The latest seems to show carbon will stay in the water column and sea life with eventually going back to the atmosphere and as far as I know this is a scientifically proven result. Are there any other scientifically proven results that are concerns?

 

If it takes 100s of years for carbon to return to the atmosphere it may be worth doing because Mankind will have this time to try to solve CO2 concern in the atmosphere?

Posted

Plankton is eaten by sea living organisms, fishes, and they are absorbing Oxygen and releasing Carbon Dioxide while breathing.

Posted (edited)

Plankton is eaten by sea living organisms, fishes, and they are absorbing Oxygen and releasing Carbon Dioxide while breathing.

But also Plankton is making using CO2 and releasing O2.

Some of the carbon they eat becomes protein ...etc. and some is exhaled as you show.
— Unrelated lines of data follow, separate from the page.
//! Paths of files in a workspace.
ghost use Rattle.std.specs.Prelude.{◌≡◌, ℕ, nat_eq, List, IfOk, Some, None, cond, string_bytes};
ghost use Rattle.std.specs.Cmp.Lexicographic.{slice_cmp, pointwise};
ghost use Rattle.std.specs.Ordering.{nat_cmp, as_partial_cmp};
ghost use Rattle.std.specs.Cmp.{partial_order_from_own_ties};
ghost use Rattle.std.specs.Cmp.Rules.{comparing, hashing};
ghost use Rattle.std.proofs.Common.{rules};
ghost use Rattle.std.specs.Hash as fed;
ghost use Rattle.std.specs.List.{join_with_byte};
ghost use Rattle.std.specs.Option.{option_map};
ghost use Rattle.hir_ids.specs.Refusal.{Gives};
ghost use Rattle.hir_base.specs.ParseFile.{folded_segments, one_more};
ghost use Rattle.hir_ids.specs.Text.{nows};

use crate::limit::Limit;
use crate::mod_path::ParseError;
use crate::pieces::pieces;
use crate::text::Text;
use std::alloc::{AllocError, Global};
use std::cmp::Ordering;
use std::hash::{Hash, Hasher};
use std::marker::Model;

/// The most segments of a file's path.
pub const MAX_SEGMENTS: usize = 64;

/// Goes from the segments `kept` to one more, and says whether that stays below the root.
fn one_more<'a>(kept: &mut Vec<&'a str>, segment: &'a str) -> Result<bool, AllocError>
    ensures ok { IfOk result (λ below. cond below (Some (nows kept.new.items)) None
        ≡ one_more (Some (nows kept.old.items)) segment.now) }
{
    if segment.is_empty() || segment == "." {
        return Ok(true);
    }
    if segment == ".." {
        return Ok(kept.pop().is_some());
    }
    kept.push(segment)?;
    Ok(true)
}

/// The segments that are left of a text, or `None` if it climbs past the root.
#[tactic(auto, using(crate::proofs::FileLemmas::fold_past_root))]
fn fold<'a>(alloc: Global, text: &'a str) -> Result<Option<Vec<&'a str>>, AllocError>
    ensures ok { IfOk result (λ left. option_map (λ v. nows v.items) left ≡ folded_segments text.now) }
{
    let pieces = pieces(alloc, text, '/')?;
    let mut kept = Vec::new(alloc);
    let mut left = pieces.as_slice();
    'pieces: while let [piece, others @ ..] = left {
        if !one_more(&mut kept, *piece)? {
            return Ok(None);
        }
        left = others;
    }
    Ok(Some(kept))
}

/// The text of these segments.
#[tactic(auto, using(crate::proofs::FileLemmas::join_tail))]
fn join(alloc: Global, segments: &[&str]) -> Result<String, AllocError>
    ensures ok { IfOk result (λ text. string_bytes text ≡ join_with_byte 47 (nows segments.now)) }
{
    let [first, others @ ..] = segments else {
        return Ok(String::new(alloc));
    };
    let mut text = String::from_str(alloc, *first)?;
    let mut left = others;
    'rest: while let [segment, others @ ..] = left {
        text.push('/')?;
        text.push_str(*segment)?;
        left = others;
    }
    Ok(text)
}

/// A file's path in the workspace: its folders and its name, joined by `/`, without `.` and `..`.
#[derive(Drop)]
pub struct FilePath {
    text: Text,
}

impl Model for FilePath {
    ghost use Rattle.std.specs.Prelude.{ℕ, List};

    ghost Value = { List ℕ };

    ghost view = { λ p. p.text };
}

impl FilePath {
    ghost use Rattle.hir_base.specs.ParseFile.{folded_path};
    ghost use Rattle.hir_base.specs.ParsePath.{IsMemory};

    /// The file that a text names, folded: segments joined by `/`, of which empty ones and `.` vanish and `..` drops
    /// the segment before. A text that climbs past the root, or is left with no segment, names none.
    pub fn parse(alloc: Global, text: &str) -> Result<FilePath, ParseError>
        ensures answer { Gives IsMemory result (folded_path text.now) }
    {
        let Some(segments) = fold(alloc, text)? else {
            return Err(ParseError::Bad);
        };
        if segments.is_empty() {
            return Err(ParseError::Bad);
        }
        if segments.len() > MAX_SEGMENTS {
            return Err(ParseError::TooLarge(Limit::File));
        }
        let joined = join(alloc, segments.as_slice())?;
        let text = Text::from_string(joined)?;
        Ok(FilePath { text })
    }

    /// The text, folded.
    pub fn as_str(&self) -> &str
        ensures value { result.now ≡ self.now }
    {
        self.text.as_str()
    }

    /// The same path; both keep one text.
    pub fn clone(&self) -> Result<FilePath, AllocError>
        ensures value { IfOk result (λ p. p ≡ self.now) }
    {
        Ok(FilePath {
            text: self.text.clone()?,
        })
    }
}

impl PartialEq for FilePath {
    ghost eq = { pointwise nat_eq };

    ghost laws = { Prim.search (comparing, rules) };

    fn eq(&self, other: &FilePath) -> bool {
        self.text == other.text
    }
}

impl Eq for FilePath {
    ghost laws = { Prim.search (comparing, rules) };
}

impl Ord for FilePath {
    ghost cmp = { slice_cmp nat_cmp };

    ghost total = { Prim.search (comparing, rules) };

    ghost matches_partial_cmp = { Prim.search (comparing, rules) };

    ghost matches_eq = { Prim.search (comparing, rules) };

    fn cmp(&self, other: &FilePath) -> Ordering {
        self.text.cmp(&other.text)
    }
}

impl PartialOrd for FilePath {
    ghost partial_cmp = { as_partial_cmp (slice_cmp nat_cmp) };

    ghost laws = { partial_order_from_own_ties (Prim.search (comparing, rules)) (Prim.search (comparing, rules)) };

    fn partial_cmp(&self, other: &FilePath) -> Option<Ordering> {
        Some(self.cmp(other))
    }
}

impl Hash for FilePath {
    ghost hash_input = { fed.str };

    ghost respects_eq = { Prim.search (hashing, rules) };

    fn hash<H: Hasher>(&self, state: &mut H) {
        self.text.hash(state);
    }
}
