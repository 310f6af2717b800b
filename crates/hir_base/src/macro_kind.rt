//! Macros, with their calls.

use crate::ast_id::{AstId, AttrId, EntryId};
use crate::ids::Crate;
use crate::text::Text;
pub use hir_ids::macro_kind::{
    BuiltinDeriveImplId, Macro2Id, MacroCallStyles, MacroExpander, MacroId, MacroLoc, MacroRulesId,
    ProcMacroId, ProcMacroLoc, ProcMacroStyle, macro_styles_from_id,
};

/// Where a macro is called: by a call, by a path of a `derive` attribute, or by an attribute.
#[derive(Clone, Copy, Debug, PartialEq, Eq, PartialOrd, Ord, Hash)]
pub enum MacroCallKind {
    FnLike {
        ast: AstId,
    },
    /// The item, the attribute, and the number of the path in it.
    Derive {
        ast: AstId,
        attr: AttrId,
        index: u32,
    },
    Attr {
        ast: AstId,
        attr: AttrId,
    },
}

/// A macro call, and the expansion that it gets. It is the value of a `MacroCallId`.
#[derive(Clone, Copy, Debug, PartialEq, Eq, PartialOrd, Ord, Hash)]
pub struct MacroCallLoc {
    pub kind: MacroCallKind,
    pub entry: EntryId,
}

/// How a macro is called, as far as its expansion may depend on it.
#[derive(Clone, Copy, Debug, PartialEq, Eq, PartialOrd, Ord, Hash)]
pub enum CallStyle {
    Bang,
    Derive,
    /// The attribute, by its number among those of the item.
    Attribute(AttrId),
}

/// The text of a macro of a crate.
#[derive(Debug, Drop, PartialEq, Eq, PartialOrd, Ord, Hash)]
pub struct MacroText {
    pub krate: Crate,
    pub text: Text,
}

/// What an expansion depends on: the crate that calls, the macro that it calls, how, and on which input; of an eager
/// call also the macros that its input reaches. It is the value of an `EntryId`.
#[derive(Debug, Drop, PartialEq, Eq, PartialOrd, Ord, Hash)]
pub struct ExpansionKey {
    pub caller: Crate,
    // Before the text of the macro, which many calls share: inputs tell most keys apart within a few bytes.
    pub input: Text,
    pub call: CallStyle,
    pub called: MacroText,
    pub reached: Vec<MacroText>,
}
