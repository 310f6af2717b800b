//! Names and paths as they print.
ghost use Rattle.std.specs.Prelude.{◌≡◌, Some, None};
ghost use Rattle.hir_base.specs.Display.{kind_text, path_shown, levels_text};
ghost use Rattle.hir_base.specs.DisplayText.{path_display_text};
ghost use Rattle.hir_ids.specs.Display.{behind, joined};
ghost use Rattle.std.specs.List.{flat_map};

use crate::edition::Edition;
use crate::mod_path::{ModPath, PathKind};
use crate::name::Name;
pub use hir_ids::display::{NameDisplay, is_reserved};
use std::fmt::{Display, Formatter, Write};

/// Names, each behind `::`.
#[derive(Clone, Copy)]
struct Behind<'a> {
    names: &'a [Name],
    edition: Option<Edition>,
}

impl Display for Behind<'_> {
    ghost output = { λ d. Some (flat_map (behind d.edition) d.names.now) };

    fn fmt<W: Write>(&self, f: &mut Formatter<W>) -> std::fmt::Result {
        let names = self.names;
        let edition = self.edition;
        for name in names {
            write!(f, "::{}", NameDisplay { name, edition })?;
        }
        Ok(())
    }
}

/// Names joined by `::`.
#[derive(Clone, Copy)]
struct Joined<'a> {
    names: &'a [Name],
    edition: Option<Edition>,
}

impl Display for Joined<'_> {
    ghost output = { λ d. Some (joined d.edition d.names.now) };

    fn fmt<W: Write>(&self, f: &mut Formatter<W>) -> std::fmt::Result {
        let edition = self.edition;
        let [name, names @ ..] = self.names else {
            return Ok(());
        };
        write!(
            f,
            "{}{}",
            NameDisplay { name, edition },
            Behind { names, edition }
        )
    }
}

/// Levels of `super`.
#[derive(Clone, Copy)]
struct Levels(u8);

impl Display for Levels {
    ghost output = { λ d. Some (levels_text d.0) };

    fn fmt<W: Write>(&self, f: &mut Formatter<W>) -> std::fmt::Result {
        let levels = self.0;
        if levels == 0 {
            return f.write_str("self");
        }
        f.write_str("super")?;
        for level in 1..levels {
            f.write_str("::super")?;
        }
        Ok(())
    }
}

impl Display for PathKind {
    ghost output = { λ kind. Some (kind_text kind) };

    fn fmt<W: Write>(&self, f: &mut Formatter<W>) -> std::fmt::Result {
        match *self {
            PathKind::Plain => Ok(()),
            PathKind::Abs => f.write_str("::"),
            PathKind::Crate => f.write_str("crate"),
            PathKind::Super(levels) => write!(f, "{}", Levels(levels)),
            PathKind::DollarCrate(krate) => write!(f, "${}", krate.0),
        }
    }
}

/// A path as it prints; see `ModPath::display`.
#[derive(Clone, Copy)]
pub struct ModPathDisplay<'a> {
    path: &'a ModPath,
    edition: Option<Edition>,
}

impl ModPath {
    /// The path as it is written in an edition: names that are reserved words are raw.
    pub fn display(&self, edition: Edition) -> ModPathDisplay<'_>
        ensures value { path_display_text result ≡ path_shown (Some edition) self.now }
    {
        ModPathDisplay {
            path: self,
            edition: Some(edition),
        }
    }

    /// The path as `parse` reads it: no name is raw.
    pub fn display_verbatim(&self) -> ModPathDisplay<'_>
        ensures value { path_display_text result ≡ path_shown None self.now }
    {
        ModPathDisplay {
            path: self,
            edition: None,
        }
    }
}

impl Display for ModPathDisplay<'_> {
    ghost output = { λ d. Some (path_shown d.edition d.path.now) };

    fn fmt<W: Write>(&self, f: &mut Formatter<W>) -> std::fmt::Result {
        let kind = self.path.kind();
        let names = self.path.segments();
        let edition = self.edition;
        match kind {
            PathKind::Plain | PathKind::Abs => write!(f, "{}{}", kind, Joined { names, edition }),
            _ => write!(f, "{}{}", kind, Behind { names, edition }),
        }
    }
}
The protein is a result of the carbon from CO2 made by Plankton and the amount of CO2 removed from the environment is locked in the sea life proteins...etc.


2 indicators for iron dumping:

1. ...Iron Helps Prevent Formation Of Coastal Dead Zones...
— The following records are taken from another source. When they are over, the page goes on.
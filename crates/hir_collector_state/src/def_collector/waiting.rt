//! What waits for a macro, and what derives and exported macros leave.
#![tactic(auto, unfolding(hir_collector_rules::specs::State::core_in))]

ghost use Rattle.std.specs.Prelude.{◌≡◌, ◌<◌, true, false, length, option_map, OnOk};
ghost use Rattle.hir_collector_rules.specs.HirNameres.WorldParts.{part_of};
ghost use Rattle.hir_collector_rules.specs.HirDefMapRules.Macros.{with_derive_helper, with_exported, with_macro_data};
ghost use Rattle.hir_collector_rules.specs.State.{core_in, eager_at, with_exported_function, with_map};
ghost use Rattle.hir_collector_rules.specs.Attributes.{exports_from};
ghost use Rattle.hir_collector_rules.specs.Calls.{asked_before, called_macro, first_missing, inner_macro, is_inert_now, kept_of};
ghost use Rattle.hir_collector_rules.specs.CallMoves.{IsAttributeWaiting};
ghost use Rattle.hir_collector_rules.specs.Changes.{with_derived};
ghost use Rattle.hir_collector_state.specs.Waiting.{IsNoted, call_reads, inner_reads};

use crate::def_collector::DefCollector;
use hir_base::ast_id::AstId;
use hir_base::ids::HasModule;
use hir_base::macro_kind::{BuiltinDeriveImplId, MacroId, ProcMacroId};
use hir_base::mod_path::ModPath;
use hir_base::resolve_mode::MacroSubNs;
use hir_collector_rules::exported::ExportedFunction;
use hir_collector_rules::hir_nameres::def_maps::DefMaps;
use hir_collector_rules::hir_nameres::nameres::DefMap;
use hir_collector_rules::hir_nameres::nameres::derive_helpers::DeriveHelper;
use hir_collector_rules::hir_nameres::nameres::macro_data::MacroData;
use hir_collector_rules::hir_nameres::nameres::path_resolution::slots::PathSlots;
use hir_collector_rules::hir_nameres::nameres::path_resolution::{BuiltinShadowMode, ResolveMode};
use hir_collector_rules::hir_nameres::world::part::WorldPart;
use hir_collector_rules::macro_directive::{MacroDirective, MacroDirectiveKind};
use hir_collector_start::called::{called_macro, inner_macro, missing_of};
use hir_collector_start::helpers::is_helper;
use std::alloc::AllocError;

/// Lists the impl that a builtin derive macro stands for in a module of a map.
fn list_in_scope(map: &mut DefMap, home: u32, imp: BuiltinDeriveImplId) -> Result<(), AllocError>
    requires in_range { home < length map.old.modules }
    ensures ok { OnOk result (map.new ≡ with_derived map.old home imp) }
{
    map.scope_mut(home).define_builtin_derive_impl(imp)
}

impl DefCollector {
    /// Keeps the name of a macro, and the attributes that deriving with it brings into scope.
    pub fn describe_macro(&mut self, makro: MacroId, what: MacroData) -> Result<(), AllocError>
        ensures ok { OnOk result (core_in self.new ≡ with_map (core_in self.old) (with_macro_data (core_in self.old).map makro what)) }
        ensures noted { OnOk result (IsNoted self.old self.new) }
    {
        self.map.add_macro_data(makro, what)?;
        Ok(())
    }

    /// Whether functions of a module export macros: those of the root of a procedural-macro crate.
    pub fn exports_from(&self, home: u32) -> bool
        ensures value { result ≡ exports_from (core_in self.now).is_proc_macro (core_in self.now).map home }
    {
        self.is_proc_macro && self.map.id().block.is_none() && home == 0
    }

    /// Notes a function that exports a macro.
    pub fn export(
        &mut self,
        function: ExportedFunction,
        makro: ProcMacroId,
    ) -> Result<(), AllocError>
        ensures ok { OnOk result (core_in self.new ≡ with_exported_function (with_map (core_in self.old) (with_exported (core_in self.old).map function.id makro)) function) }
        ensures noted { OnOk result (IsNoted self.old self.new) }
    {
        self.map.export_proc_macro(function.id, makro)?;
        self.exported.push(function)?;
        Ok(())
    }

    /// Brings a helper of a derive into scope on an item, which is noted: an attribute that waits there may be it.
    pub fn help(&mut self, node: AstId, helper: DeriveHelper) -> Result<(), AllocError>
        ensures ok { OnOk result (core_in self.new ≡ with_map (core_in self.old) (with_derive_helper (core_in self.old).map node helper)) }
        ensures noted { OnOk result (IsNoted self.old self.new) }
    {
        self.changed.add_item(node)?;
        self.map.add_derive_helper(node, helper)?;
        Ok(())
    }

    /// Lists the impl that a builtin derive macro stands for in a module.
    pub fn list_derived(&mut self, home: u32, imp: BuiltinDeriveImplId) -> Result<(), AllocError>
        requires in_range { home < length (core_in self.old).map.modules }
        ensures ok { OnOk result (core_in self.new ≡ with_map (core_in self.old) (with_derived (core_in self.old).map home imp)) }
        ensures noted { OnOk result (IsNoted self.old self.new) }
    {
        list_in_scope(&mut self.map, home, imp)?;
        Ok(())
    }

    /// Whether what waits at the place is an attribute.
    pub fn is_attribute_waiting(&self, i: usize) -> bool
        ensures waits { result ≡ true → IsAttributeWaiting (core_in self.now) i }
        ensures none { result ≡ false → ¬ IsAttributeWaiting (core_in self.now) i }
    {
        match self.waiting(i) {
            Some(call) => call.waiting_item().is_some(),
            None => false,
        }
    }

    /// The macro that a call, a path of a derive or an attribute reaches.
    pub fn called_macro(&self, world: WorldPart<'_>, call: &MacroDirective) -> Option<MacroId>
        ensures value { result ≡ called_macro (part_of world.entry) (core_in self.now).local (core_in self.now).map call.now }
    {
        called_macro(world, &self.map, &self.local, call)
    }

    /// The macro that a path reaches in a module, which a macro asks to have resolved first.
    pub fn inner_macro(&self, world: WorldPart<'_>, home: u32, path: &ModPath) -> Option<MacroId>
        ensures value { result ≡ inner_macro (part_of world.entry) (core_in self.now).local (core_in self.now).map home path.now }
    {
        inner_macro(world, &self.map, &self.local, home, path)
    }

    /// The first of the paths that a macro asked for where the call at the place reached it that reaches nothing.
    pub fn missing_path<'a>(
        &'a self,
        world: WorldPart<'_>,
        i: usize,
        call: &MacroDirective,
        makro: MacroId,
    ) -> Option<&'a ModPath>
        ensures value { option_map (λ path. path.now) result ≡ first_missing (part_of world.entry) (core_in self.now).local (core_in self.now).map call.now.site.home
            (asked_before (eager_at (core_in self.now) i) makro) }
    {
        missing_of(
            world,
            &self.map,
            &self.local,
            call.site.home,
            self.eager_at(i),
            makro,
        )
    }

    /// Whether what waits is an attribute, and inert by now: a helper.
    pub fn is_inert_now(&self, call: &MacroDirective) -> bool
        ensures value { result ≡ is_inert_now (core_in self.now).map call.now }
    {
        match &call.kind {
            MacroDirectiveKind::Attr { path, .. } => is_helper(&self.map, call.ast_id, path),
            MacroDirectiveKind::FnLike { .. } | MacroDirectiveKind::Derive { .. } => false,
        }
    }

    /// What is kept of a macro in its map.
    pub fn kept_of<'a>(&'a self, world: WorldPart<'a>, makro: MacroId) -> Option<&'a MacroData>
        ensures value { option_map (λ what. what.now) result ≡ kept_of (part_of world.entry) (core_in self.now).map makro }
    {
        let maps = DefMaps::new(world, &self.map);
        match maps.map(makro.module().map) {
            Some(map) => map.macro_data(makro),
            None => None,
        }
    }

    /// The slots that such a path reads.
    pub fn inner_slots<'a>(
        &'a self,
        world: WorldPart<'a>,
        home: u32,
        path: &'a ModPath,
    ) -> PathSlots<'a>
        ensures value { result ≡ inner_reads (part_of world.entry) (core_in self.now).local (core_in self.now).map home path.now }
    {
        DefMaps::new(world, &self.map).path_slots(
            Some(&self.local),
            ResolveMode::Other,
            self.module_id(home),
            path,
            BuiltinShadowMode::Module,
            Some(MacroSubNs::Bang),
        )
    }

    /// The slots that the path of a call reads.
    pub fn call_slots<'a>(&'a self, world: WorldPart<'a>, call: &'a MacroDirective) -> PathSlots<'a>
        ensures value { result ≡ call_reads (part_of world.entry) (core_in self.now).local (core_in self.now).map call.now }
    {
        DefMaps::new(world, &self.map).path_slots(
            Some(&self.local),
            ResolveMode::Other,
            self.module_id(call.site.home),
            call.path(),
            BuiltinShadowMode::Module,
            Some(call.sub_ns()),
        )
    }
}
2. ...Much of the carbon algae take up remains near the surface for hundreds of years...

but carbon is not a problem the molecule CO2 is the problem

Iron Helps Prevent Formation Of Coastal Dead Zones

...The German-American study team found that in high-oxygen conditions, almost all of the iron dissolved within the water precipitates – changing into rust-like iron oxide particles, which fall to the seafloor. The remains of dead plants and animals also sink to the seafloor and their rotting remains also use up oxygen dissolved in seawater. As oxygen decreases, a hypoxic dead zone may develop. If this takes place, iron oxides break down and may enter back into the water column where the iron becomes available to fertilize oxygen-generating plankton, the study researchers said.

"When this moderate hypoxic state occurs, the iron release fuels more biological productivity and the organic particles fall to the sea floor where they decay and consume more oxygen, making hypoxia worse," said study author Florian Scholz, a postdoctoral earth sciences researcher at Oregon State University. "That leads to this feedback loop of more iron release triggering more productivity, triggering more iron release.”
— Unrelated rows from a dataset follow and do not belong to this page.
//! What scopes note of macro calls, attributes and derives.
#![tactic(auto, unfolding(hir_collector_rules::specs::State::core_in))]

ghost use Rattle.std.specs.Prelude.{◌≡◌, ◌<◌, None, length, replicate, IfOk, OnOk};
ghost use Rattle.hir_collector_rules.specs.State.{core_in, with_map};
ghost use Rattle.hir_collector_rules.specs.Invocations.{derive_met, impl_noted, invocation_of, of_derive, of_path, with_invocation, with_noted};
ghost use Rattle.hir_collector_state.specs.Waiting.{IsNoted};

use crate::def_collector::DefCollector;
use either::Either;
use hir_base::ast_id::{AstId, AttrId, MacroCallId};
use hir_base::macro_kind::BuiltinDeriveImplId;
use hir_base::mod_path::ModPath;
use hir_collector_rules::hir_nameres::nameres::DefMap;
use hir_collector_rules::hir_scope::item_scope::ItemScope;
use hir_collector_rules::macro_directive::{MacroDirective, MacroDirectiveKind};
use std::alloc::{AllocError, Global};

/// What a path of a `derive` became, if it became something.
type Slot = Option<Either<MacroCallId, BuiltinDeriveImplId>>;

/// Notes what a path of a `derive` became, where it has a slot.
fn set_path(
    scope: &mut ItemScope,
    item: AstId,
    attr: AttrId,
    index: u32,
    became: Either<MacroCallId, BuiltinDeriveImplId>,
)
    ensures value { scope.new ≡ with_invocation (of_path item attr index became) scope.old }
{
    let index = index as usize;
    if scope.has_derive_slot(item, attr, index) {
        scope.set_derive_macro_invoc(item, became, attr, index);
    }
}

/// Notes what a call, a path of a derive or an attribute became.
fn note_in_scope(
    scope: &mut ItemScope,
    call: &MacroDirective,
    id: MacroCallId,
) -> Result<(), AllocError>
    ensures ok { OnOk result (scope.new ≡ with_invocation (invocation_of call.now id) scope.old) }
{
    match &call.kind {
        MacroDirectiveKind::FnLike { .. } => scope.add_macro_invoc(call.ast_id, id),
        MacroDirectiveKind::Attr { .. } => scope.add_attr_macro_invoc(call.ast_id, id),
        MacroDirectiveKind::Derive { attr, index, .. } => {
            set_path(scope, call.ast_id, *attr, *index, Either::Left(id));
            Ok(())
        }
    }
}

/// Notes it in the scope of a module of a map.
fn note_in_module(
    map: &mut DefMap,
    call: &MacroDirective,
    id: MacroCallId,
) -> Result<(), AllocError>
    requires in_range { call.now.site.home < length map.old.modules }
    ensures ok { OnOk result (map.new ≡ with_noted map.old call.now.site.home (invocation_of call.now id)) }
{
    note_in_scope(map.scope_mut(call.site.home), call, id)
}

/// Notes in the scope of a module of a map the impl that a path of a `derive` stands for.
fn note_impl_in_module(map: &mut DefMap, home: u32, item: AstId, imp: BuiltinDeriveImplId)
    requires in_range { home < length map.old.modules }
    ensures value { map.new ≡ with_noted map.old home (impl_noted item imp) }
{
    let became = Either::Right(imp);
    set_path(
        map.scope_mut(home),
        item,
        imp.derive_attr_id,
        imp.derive_index,
        became,
    );
}

/// So many slots of paths, none of which became anything.
fn empty_slots(alloc: Global, count: usize) -> Result<Vec<Slot>, AllocError>
    ensures value { IfOk result (λ slots. slots.items ≡ replicate count None) }
{
    let mut slots = Vec::new(alloc);
    slots.resize(count, None)?;
    Ok(slots)
}

/// Notes a `derive` attribute in the scope of a module of a map, with slots for its paths.
fn note_derive_in_module(
    map: &mut DefMap,
    home: u32,
    item: AstId,
    attr: AttrId,
    call: MacroCallId,
    slots: Vec<Slot>,
) -> Result<(), AllocError>
    requires in_range { home < length map.old.modules }
    ensures ok { OnOk result (map.new ≡ with_noted map.old home (of_derive item (record { attr_id = attr; attr_call_id = call; derive_call_ids = slots.items }))) }
{
    map.scope_mut(home)
        .init_derive_attribute(item, attr, call, slots)
}

impl DefCollector {
    /// Notes in the scope of its module what a call, a path of a derive or an attribute became.
    pub fn note_call(&mut self, call: &MacroDirective, id: MacroCallId) -> Result<(), AllocError>
        requires in_range { call.now.site.home < length (core_in self.old).map.modules }
        ensures ok { OnOk result (core_in self.new ≡ with_map (core_in self.old) (with_noted (core_in self.old).map call.now.site.home (invocation_of call.now id))) }
        ensures noted { OnOk result (IsNoted self.old self.new) }
    {
        note_in_module(&mut self.map, call, id)?;
        Ok(())
    }

    /// Notes in the scope of a module the impl that a path of a `derive` stands for.
    pub fn note_impl(&mut self, home: u32, item: AstId, imp: BuiltinDeriveImplId)
        requires in_range { home < length (core_in self.old).map.modules }
        ensures value { core_in self.new ≡ with_map (core_in self.old) (with_noted (core_in self.old).map home (impl_noted item imp)) }
        ensures noted { IsNoted self.old self.new }
    {
        note_impl_in_module(&mut self.map, home, item, imp);
    }

    /// Notes in the scope of a module a `derive` attribute of an item, its call, and a slot for each of its paths.
    pub fn note_derive(
        &mut self,
        home: u32,
        item: AstId,
        attr: AttrId,
        call: MacroCallId,
        paths: &[ModPath],
    ) -> Result<(), AllocError>
        requires in_range { home < length (core_in self.old).map.modules }
        ensures ok { OnOk result (core_in self.new ≡ with_map (core_in self.old) (with_noted (core_in self.old).map home (derive_met item attr call paths.now))) }
        ensures noted { OnOk result (IsNoted self.old self.new) }
    {
        let slots = empty_slots(self.allocator(), paths.len())?;
        note_derive_in_module(&mut self.map, home, item, attr, call, slots)?;
        Ok(())
    }
}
"But we found that when the oxygen approaches zero a new group of minerals, iron sulfides, are formed," Scholz added. "This is the key to the limit switch because when the iron gets locked up in sulfides, it is no longer dissolved and thus not available to the plankton. The runaway hypoxia stops and the hypoxic region is limited."...

Iron Helps Prevent Formation Of Coastal Dead Zones
http://www.redorbit.com/news/science/1113149570/dead-zone-cutoff-switch-iron-051914/

Seeding iron in the Pacific may not pull carbon from air as thought

...The most recent experiments have sparked protests from environmental groups. Some scientists say iron dumping could alter marine ecosystems in unpredictable and possibly harmful ways. Another problem: for excess carbon to be truly locked away, it must sink to the seafloor when the algae die. Some studies have suggested that while algae may grow quickly when fertilized, much of the carbon they take up remains near the surface for hundreds of years, cycling through other marine creatures, or bleeding directly back into the air.
Phoebe Lam, an oceanographer at the University of California, Santa Cruz, who studies marine cycling of iron and carbon, said the paper "shows there are downstream consequences to anything you do in the ocean. It's what the geoengineers don't necessarily think of. It makes the idea of artificial iron fertilization require a discussion of much more subtlety."
Sylvain Pichat, a marine geochemist at the University of Lyon, said the study "indeed shows that we need to think about the oceans and the climate system as a whole."
Earlier this month, British researchers published a study showing how much still remains to be discovered: they observed that big icebergs increasingly calving off Antarctica are releasing vast trails of iron as they melt, triggering algae blooms for hundreds of miles—a possible mechanism that one could speculate might eventually push back against the manmade forces implicated in the calving....

Seeding iron in the Pacific may not pull carbon from air as thought
http://phys.org/news/2016-03-seeding-iron-pacific-carbon-air.html

Edited by Ken123
Posted (edited)

Global Warming delayed for Mankind to resolve.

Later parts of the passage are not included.